The success of ev is largely due to active information introduced by the Hamming oracle and from the perceptron structure. It is not due to the evolutionary algorithm used to perform the search.

To explain the authors’ terminology, *active information* is defined quantitatively as a measure of relative search performance — to say that something provides N bits of active information is to say that it increases the probability of success by a factor of 2^{N}. The *Hamming oracle* is a function that reports the Hamming distance between the its input and a fixed target. The *perceptron structure* is another function whose details aren’t important to this post. Figure 1 shows how these three components are connected in an iterative feedback loop.

## The Perceptron Structure

To evaluate the performance benefit of the perceptron structure, the authors feed it random inputs and monitor the resulting outputs. It turns out that the desired output occurs 10^{50} times more often than it would if the perceptron structure were unbiased. Given this huge probability amplification, we would expect that ev would be doomed without the perceptron structure. Nothing in the paper disabuses us of that expectation.

But in a later note, Robert Marks says that the perceptron structure is dispensable:

Furthermore, we did not claim that ev would fail to converge without the perceptron structure. The lack of a perceptron structure would merely cause ev to take longer to converge. Without a perceptron structure ev would be essentially be a simple version of the “METHINKS IT IS LIKE A WEASEL” presented by Richard Dawkins.

Had Marks actually tested this scenario, he would have found that without the perceptron structure, ev actually performs *better* by a factor of about 3 rather than taking longer. (My implementation of ev is here, and ev without the perceptron structure is here.) So in spite of everything they say in the paper, the perceptron structure is actually detrimental to search performance.

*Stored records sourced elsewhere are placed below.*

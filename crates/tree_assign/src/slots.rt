//! Values in their slots.
ghost use Rattle.std.specs.Prelude.{◌≡◌, ◌<◌, ◌≤◌, length, set};
ghost use Rattle.app_meaning.specs.Assigning.{set_slot};

use app_data::Value;
use sqlite_items::Items;

/// A value in the slot of this number; nothing where there is no such slot.
#[tactic(auto, using(crate::proofs::Zeroed::put_past))]
pub fn put(values: &mut Items<Value>, i: usize, v: Value)
    ensures { values.new ≡ set values.old i v }
{
    if i < values.len() {
        values.set(i, v);
    }
}

/// A value in its slot; nothing where there is no slot.
pub fn set_slot(values: &mut Items<Value>, slot: Option<usize>, v: Value)
    ensures { values.new ≡ set_slot values.old slot v }
{
    if let Some(i) = slot {
        put(values, i, v);
    }
}
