/// Returns the profile that `show` is given for a kind: the members' profile without `--profile`, which only `message`
/// and `log` take.
fn show_profile(
    alloc: Global,
    matches: &ArgMatches<'_>,
    kind: ShowKind,
) -> Result<Profile, OrderFault>
    ensures profile { IfOk result
        (IsProfile (first_of (codes "profile") (rows_of (found_of matches.now))) kind) }
    ensures refused { IfErr result
        (RefusesArguments (IsProfile (first_of (codes "profile") (rows_of (found_of matches.now))) kind)) }
    ensures never_help { IfErr result (λ e. IsHelp e → ⊥) }
{
    match (value(matches, "profile"), kind) {
        (None, _) => Ok(Profile::Members),
        (Some("members"), ShowKind::Message | ShowKind::Log) => Ok(Profile::Members),
        (Some("full"), ShowKind::Message | ShowKind::Log) => Ok(Profile::Full),
        (Some(_), ShowKind::Message | ShowKind::Log) => {
            Err(usage(alloc, "usage: PROFILE is members or full\n"))
        }
        (Some(_), _) => Err(usage(alloc, "usage: --profile is for show message and show log\n")),
    }
}

/// Returns the order of `show`.
fn show_order(alloc: Global, matches: &ArgMatches<'_>) -> Result<Order, OrderFault>
    ensures order { IfOk result (IsOrder (Some (codes "show", rows_of (found_of matches.now)))) }
    ensures refused { IfErr result
        (RefusesArguments (IsOrder (Some (codes "show", rows_of (found_of matches.now))))) }
    ensures never_help { IfErr result (λ e. IsHelp e → ⊥) }
{
    let kind = show_kind(alloc, matches)?;
    let profile = show_profile(alloc, matches, kind)?;
    let file = file_of(alloc, matches, "FILE")?;
    Ok(Order::Show {
        profile,
        kind,
        file,
    })
}

/// Returns the choice of a checker: exactly one of the two options is given.
fn chosen_checker(alloc: Global, matches: &ArgMatches<'_>) -> Result<CheckerChoice, OrderFault>
    ensures checker { IfOk result
        (IsChecker (first_of (codes "trust") (rows_of (found_of matches.now)))
        (first_of (codes "receipts") (rows_of (found_of matches.now)))) }
    ensures refused { IfErr result
        (RefusesArguments (IsChecker (first_of (codes "trust") (rows_of (found_of matches.now)))
        (first_of (codes "receipts") (rows_of (found_of matches.now))))) }
    ensures never_help { IfErr result (λ e. IsHelp e → ⊥) }
{
    match (is_set(matches, "trust"), value(matches, "receipts")) {
        (true, None) => Ok(CheckerChoice::Trust),
        (false, Some(file)) => Ok(CheckerChoice::Receipts(FileName::new(alloc, file)?)),
        _ => Err(usage(alloc, "usage: give one of --trust and --receipts\n")),
    }
}

/// Returns the command `validate-tree`.
fn validate_tree_order(alloc: Global, matches: &ArgMatches<'_>) -> Result<Order, OrderFault>
    ensures order { IfOk result
        (IsOrder (Some (codes "validate-tree", rows_of (found_of matches.now)))) }
    ensures refused { IfErr result
        (RefusesArguments (IsOrder (Some (codes "validate-tree", rows_of (found_of matches.now))))) }
    ensures never_help { IfErr result (λ e. IsHelp e → ⊥) }
{
    let checker = chosen_checker(alloc, matches)?;
    let rules = asked_rules(alloc, matches)?;
    let context = file_of(alloc, matches, "context")?;
    let tree = file_of(alloc, matches, "tree")?;
    let report = GroupReport::ValidateTree {
        rules,
        context,
        tree,
    };
    Ok(Order::Group { report, checker })
}

/// Returns the profile that a command is given for a group: the members' profile without `--profile`.
fn group_profile(alloc: Global, matches: &ArgMatches<'_>) -> Result<Profile, OrderFault>
    ensures profile { IfOk result
        (IsNamedProfile (first_of (codes "profile") (rows_of (found_of matches.now)))) }
    ensures refused { IfErr result
        (RefusesArguments (IsNamedProfile (first_of (codes "profile") (rows_of (found_of matches.now))))) }
    ensures never_help { IfErr result (λ e. IsHelp e → ⊥) }
{
    match value(matches, "profile") {
        None => Ok(Profile::Members),
        Some("members") => Ok(Profile::Members),
        Some("full") => Ok(Profile::Full),
        Some(_) => Err(usage(alloc, "usage: PROFILE is members or full\n")),
    }
}

/// Returns what a group is followed from: a GroupInfo, with or without a tree, in a profile; or the file of a state, which
/// names its profile. With it come the strict rules that are asked.
fn group_of(alloc: Global, matches: &ArgMatches<'_>) -> Result<GroupFiles, OrderFault>
    ensures group { IfOk result (IsGroup (rows_of (found_of matches.now))) }
    ensures refused { IfErr result (RefusesArguments (IsGroup (rows_of (found_of matches.now)))) }
    ensures never_help { IfErr result (λ e. IsHelp e → ⊥) }
{
    let rules = asked_rules(alloc, matches)?;
    match (
        value(matches, "info"),
        value(matches, "tree"),
        value(matches, "state"),
        value(matches, "profile"),
    ) {
        (Some(info), _, None, _) => {
            let profile = group_profile(alloc, matches)?;
            let info = FileName::new(alloc, info)?;
            let tree = optional_file_of(alloc, matches, "tree")?;
            Ok(GroupFiles::Info {
                rules,
                profile,
                info,
                tree,
            })
        }
        (None, None, Some(state), None) => {
            let state = FileName::new(alloc, state)?;
            Ok(GroupFiles::State { rules, state })
        }
        (None, None, Some(_), Some(_)) => Err(usage(
            alloc,
            "usage: a state names its profile: give no --profile with --state\n",
        )),
        _ => Err(usage(
            alloc,
            "usage: give --info, with --tree or without it, or --state\n",
        )),
    }
}

/// Returns the command `validate`.
fn validate_order(alloc: Global, matches: &ArgMatches<'_>) -> Result<Order, OrderFault>
    ensures order { IfOk result
        (IsOrder (Some (codes "validate", rows_of (found_of matches.now)))) }
    ensures refused { IfErr result
        (RefusesArguments (IsOrder (Some (codes "validate", rows_of (found_of matches.now))))) }
    ensures never_help { IfErr result (λ e. IsHelp e → ⊥) }
{
    let checker = chosen_checker(alloc, matches)?;
    let report = GroupReport::Validate(group_of(alloc, matches)?);
    Ok(Order::Group { report, checker })
}

/// Returns the command `validate-key-package`.
fn validate_packages_order(alloc: Global, matches: &ArgMatches<'_>) -> Result<Order, OrderFault>
    ensures order { IfOk result
        (IsOrder (Some (codes "validate-key-package", rows_of (found_of matches.now)))) }
    ensures refused { IfErr result
        (RefusesArguments (IsOrder (Some (codes "validate-key-package", rows_of (found_of matches.now))))) }
    ensures never_help { IfErr result (λ e. IsHelp e → ⊥) }
{
    let checker = chosen_checker(alloc, matches)?;
    let rules = asked_rules(alloc, matches)?;
    let files = files_of(alloc, matches, "FILE")?;
    let report = GroupReport::ValidatePackages { rules, files };
    Ok(Order::Group { report, checker })
}

/// Returns the file under which a state is stored, if one is named. It is not standard input.
fn save_of(alloc: Global, matches: &ArgMatches<'_>) -> Result<Option<FileName>, OrderFault>
    ensures save { IfOk result (IsSave (first_of (codes "save") (rows_of (found_of matches.now)))) }
    ensures refused { IfErr result
        (RefusesArguments (IsSave (first_of (codes "save") (rows_of (found_of matches.now))))) }
    ensures never_help { IfErr result (λ e. IsHelp e → ⊥) }
{
    match value(matches, "save") {
        Some("-") => Err(usage(alloc, "usage: a state is stored in a file with a name\n")),
        Some(file) => Ok(Some(FileName::new(alloc, file)?)),
        None => Ok(None),
    }
}
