// The lower-cost split point.
ghost use Rattle.std.specs.Prelude.{◌≡◌};
ghost use Rattle.links.specs.Blocks.{blocks_of};
ghost use Rattle.links.specs.Split.{reaches, Swept, last_reached, Between, side_of, split_point, split_answer};

use crate::blocks::Refusal;
use crate::lower::Side;
use crate::{blocks, lower};
use numbers::{Block, Inst};

// A place that does not pass the limit.
fn reaches(side: Side, limit: Inst, place: Inst) -> bool
    ensures { result ≡ reaches side limit.0 place.0 }
{
    lower::not_past(side, limit.0, place.0)
}

// The last place that lower links reach from block b without passing the limit, or `start`. One sweep finds the lower blocks: a
// block is linked from the last one reached exactly if it is lower than all that were swept.
fn sweep(freq: &[u32], edges: &[u32], b: Block, side: Side, start: Inst, limit: Inst) -> Inst
    requires { Swept freq.now edges.now b.0 }
    ensures { result.0 ≡ last_reached side freq.now edges.now limit.0 start.0 b.0 }
{
    let n = freq.len();
    let at = b.0 as usize;
    let count = lower::beside(side, n, at);
    let mut split = start;
    let mut least = freq[at];
    for t in 0..count {
        let i = lower::beyond(side, n, at, t);
        let edge = edges[i];
        let place = Inst(edge);
        if !reaches(side, limit, place) {
            return split;
        }
        let f = freq[i];
        if f < least {
            least = f;
            split = place;
        }
    }
    split
}

// The split point, of a sound block list and an `after` and `before` that are in order.
fn between(
    freq: &[u32],
    first: &[u32],
    end: &[u32],
    after: Inst,
    before: Inst,
    prefer_early: bool,
) -> Inst
    requires { Between freq.now first.now end.now after.0 before.0 }
    ensures { let blocks = blocks_of freq.now first.now end.now in
        result.0 ≡ split_point (side_of prefer_early) blocks after.0 before.0 }
{
    let n = freq.len();
    let early = Inst(after.0 + 1);
    if early.0 == before.0 {
        return before;
    }
    if prefer_early {
        let b = blocks::block_of(end, n, early);
        return sweep(freq, first, b, Side::Next, early, before);
    }
    let b = blocks::block_of(end, n, Inst(before.0 - 1));
    sweep(freq, end, b, Side::Previous, before, early)
}

// The instruction before which the lower-cost split between two instructions stands, for the blocks of the three columns: early next to
// `after`, or late next to `before`. Refused are block lists that break line 2 or 3, and then 13: after not below before, or before above the last end.
pub fn find_optimal_split_point(
    freq: &[u32],
    first: &[u32],
    end: &[u32],
    after: Inst,
    before: Inst,
    prefer_early: bool,
) -> Result<Inst, Refusal>
    ensures { result ≡ split_answer (blocks_of freq.now first.now end.now) after.0 before.0 prefer_early }
{
    blocks::check_blocks(freq, first, end)?;
    let n = blocks::count(freq, first, end);
    let last = end[n - 1];
    if before.0 <= after.0 {
        return Err(Refusal {
            number: 13,
            place: 0,
        });
    }
    if last < before.0 {
        return Err(Refusal {
            number: 13,
            place: 0,
        });
    }
    let split = between(
        &freq[..n],
        &first[..n],
        &end[..n],
        after,
        before,
        prefer_early,
    );
    Ok(split)
}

The problem with the authors’ analysis is that it considers the perceptron structure outside the context of ev. Considered by itself, there is only one aspect of the perceptron structure that is relevant to performance, namely the fraction of possible inputs that yield the desired output. But in the context of an evolutionary search, there is another aspect that is even more important, namely the impact of the perceptron structure on the *shape* of the objective function. The perceptron structure makes the objective function more difficult to navigate, and this difficulty more than outweighs the benefit of the perceptron structure’s bias toward the target.

## The Hamming Oracle and Evolutionary Algorithm

The authors state that the Hamming oracle is a “rich source of active information”. To support this claim, they point out that the Hamming oracle works really well with certain search algorithms, which is true. But it’s also true that it *doesn’t* work well with other algorithms, e.g. algorithms that don’t follow gradients. And with algorithms that ascend rather than descend hills, performance is abysmal as the search actively *avoids* the target, i.e. it tries to maximize the Hamming distance. So the Hamming oracle is neither good nor bad in itself — it’s the partnership with the search algorithm that’s good or bad.

So it’s inaccurate to say that the success of ev is due to the Hamming oracle and not the evolutionary algorithm. We could say that it’s due to *both* of them, although it’s more precise to say that it’s due to the synergy between the two. The same is true, of course, for the success of Dawkins’ WEASEL, which the EIL also claims is not due to the evolutionary algorithm.

As far as I can tell, the authors’ only justification for denying credit to the evolutionary algorithm is the fact that there are other algorithms that work even better with the Hamming oracle. This is like saying that a house fire isn’t due to the candles that started it, since flamethrowers are more effective at starting fires.

## Conclusions

In summary, the claim that ev’s success is due to the perceptron structure is incorrect, as the perceptron structure is actually detrimental to ev’s performance. It is also incorrect to say that ev’s success is due to the Hamming oracle and not to the evolutionary algorithm. The correct conclusion is that ev succeeds because the search algorithm and the objective function are sufficiently well-matched.

Thanks!

Could we have a little background on ev, or a link to some background?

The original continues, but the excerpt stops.